Your job is to copy all the entries precisely as they stand.

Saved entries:
-*-

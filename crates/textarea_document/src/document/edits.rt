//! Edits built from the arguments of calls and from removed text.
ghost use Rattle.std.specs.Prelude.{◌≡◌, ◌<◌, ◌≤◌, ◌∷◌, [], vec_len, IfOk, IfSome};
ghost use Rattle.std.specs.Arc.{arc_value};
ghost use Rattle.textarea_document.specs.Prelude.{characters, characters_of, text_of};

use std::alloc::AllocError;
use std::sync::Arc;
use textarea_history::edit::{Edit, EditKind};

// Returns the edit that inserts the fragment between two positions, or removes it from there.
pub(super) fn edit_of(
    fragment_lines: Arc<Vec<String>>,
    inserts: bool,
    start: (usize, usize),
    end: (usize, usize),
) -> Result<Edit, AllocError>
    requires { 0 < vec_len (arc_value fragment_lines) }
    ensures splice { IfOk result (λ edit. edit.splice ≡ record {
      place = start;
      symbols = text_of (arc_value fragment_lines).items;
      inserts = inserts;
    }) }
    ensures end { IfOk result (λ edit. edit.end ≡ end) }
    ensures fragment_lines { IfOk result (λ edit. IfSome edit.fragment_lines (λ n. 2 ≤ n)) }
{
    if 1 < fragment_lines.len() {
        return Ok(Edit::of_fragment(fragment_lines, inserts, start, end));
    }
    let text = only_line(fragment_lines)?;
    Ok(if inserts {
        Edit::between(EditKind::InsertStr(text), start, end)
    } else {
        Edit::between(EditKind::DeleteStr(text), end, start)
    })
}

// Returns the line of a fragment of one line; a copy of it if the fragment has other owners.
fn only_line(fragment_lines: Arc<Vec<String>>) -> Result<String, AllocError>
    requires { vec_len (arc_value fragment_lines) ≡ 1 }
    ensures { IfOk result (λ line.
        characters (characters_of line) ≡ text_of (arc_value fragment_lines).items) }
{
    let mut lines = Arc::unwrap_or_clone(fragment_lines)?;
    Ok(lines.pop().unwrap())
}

-*-

Output ::
filename crates/textarea_document/src/document/edits.rt
//! Edits built from the arguments of calls and from removed text.
ghost use Rattle.std.specs.Prelude.{◌≡◌, ◌<◌, ◌≤◌, ◌∷◌, [], vec_len, IfOk, IfSome};
ghost use Rattle.std.specs.Arc.{arc_value};
ghost use Rattle.textarea_document.specs.Prelude.{characters, characters_of, text_of};

use std::alloc::AllocError;
use std::sync::Arc;
use textarea_history::edit::{Edit, EditKind};

// Returns the edit that inserts the fragment between two positions, or removes it from there.
pub(super) fn edit_of(
    fragment_lines: Arc<Vec<String>>,
    inserts: bool,
    start: (usize, usize),
    end: (usize, usize),
) -> Result<Edit, AllocError>
    requires { 0 < vec_len (arc_value fragment_lines) }
    ensures splice { IfOk result (λ edit. edit.splice ≡ record {
      place = start;
      symbols = text_of (arc_value fragment_lines).items;
      inserts = inserts;
    }) }
    ensures end { IfOk result (λ edit. edit.end ≡ end) }
    ensures fragment_lines { IfOk result (λ edit. IfSome edit.fragment_lines (λ n. 2 ≤ n)) }
{
    if 1 < fragment_lines.len() {
        return Ok(Edit::of_fragment(fragment_lines, inserts, start, end));
    }
    let text = only_line(fragment_lines)?;
    Ok(if inserts {
        Edit::between(EditKind::InsertStr(text), start, end)
    } else {
        Edit::between(EditKind::DeleteStr(text), end, start)
    })
}

// Returns the line of a fragment of one line; a copy of it if the fragment has other owners.
fn only_line(fragment_lines: Arc<Vec<String>>) -> Result<String, AllocError>
    requires { vec_len (arc_value fragment_lines) ≡ 1 }
    ensures { IfOk result (λ line.
        characters (characters_of line) ≡ text_of (arc_value fragment_lines).items) }
{
    let mut lines = Arc::unwrap_or_clone(fragment_lines)?;
    Ok(lines.pop().unwrap())
}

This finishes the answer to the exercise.